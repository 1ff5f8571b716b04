use n1ql_value::Text;

/// What a token is.
#[derive(Debug, Drop, PartialEq, Eq)]
pub enum TokenKind {
    /// A reserved word, in capitals.
    Word(Text),
    /// A name, in backquotes or without.
    Name { text: Text, quoted: bool },
    /// A string, by the text that it stands for.
    Str(Text),
    /// A number of at most 2^63.
    Num(u64),
    /// A sign.
    Sign(Text),
}
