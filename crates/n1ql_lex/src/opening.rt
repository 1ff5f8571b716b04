ghost use Rattle.std.specs.Prelude.{◌≡◌};
ghost use Rattle.n1ql_lex.specs.Bytes.{is_blank, is_letter, is_word_byte, opening_of};

/// What begins with a byte.
#[derive(Clone, Copy, Debug, PartialEq, Eq)]
pub enum Opening {
    /// Nothing: the byte parts tokens.
    Blank,
    /// A reserved word or a name.
    Word,
    /// A number.
    Number,
    /// A string.
    String,
    /// A name in backquotes.
    Name,
    /// A sign, or nothing.
    Sign,
}

pub fn is_blank(byte: u8) -> bool
    ensures { result ≡ is_blank byte }
{
    byte == b' ' || byte == b'\t' || byte == b'\n' || byte == b'\r'
}

pub fn is_letter(byte: u8) -> bool
    ensures { result ≡ is_letter byte }
{
    byte.is_ascii_alphabetic() || byte == b'_'
}

pub fn is_word_byte(byte: u8) -> bool
    ensures { result ≡ is_word_byte byte }
{
    is_letter(byte) || byte.is_ascii_digit() || byte == b'$'
}

#[tactic(auto, unfolding(crate::specs::Bytes::opening_of))]
pub fn opening_of(byte: u8) -> Opening
    ensures { result ≡ opening_of byte }
{
    if is_blank(byte) {
        Opening::Blank
    } else if is_letter(byte) {
        Opening::Word
    } else if byte.is_ascii_digit() {
        Opening::Number
    } else if byte == b'"' || byte == b'\'' {
        Opening::String
    } else if byte == b'`' {
        Opening::Name
    } else {
        Opening::Sign
    }
}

================

There is a line above that contains "name in backquotes.". Copy it and all later lines through the last, exactly, and leave out the rest.

The answer:
    /// A name in backquotes.
    Name,
    /// A sign, or nothing.
    Sign,
}

pub fn is_blank(byte: u8) -> bool
    ensures { result ≡ is_blank byte }
{
    byte == b' ' || byte == b'\t' || byte == b'\n' || byte == b'\r'
}

pub fn is_letter(byte: u8) -> bool
    ensures { result ≡ is_letter byte }
{
    byte.is_ascii_alphabetic() || byte == b'_'
}

pub fn is_word_byte(byte: u8) -> bool
    ensures { result ≡ is_word_byte byte }
{
    is_letter(byte) || byte.is_ascii_digit() || byte == b'$'
}

#[tactic(auto, unfolding(crate::specs::Bytes::opening_of))]
pub fn opening_of(byte: u8) -> Opening
    ensures { result ≡ opening_of byte }
{
    if is_blank(byte) {
        Opening::Blank
    } else if is_letter(byte) {
        Opening::Word
    } else if byte.is_ascii_digit() {
        Opening::Number
    } else if byte == b'"' || byte == b'\'' {
        Opening::String
    } else if byte == b'`' {
        Opening::Name
    } else {
        Opening::Sign
    }
}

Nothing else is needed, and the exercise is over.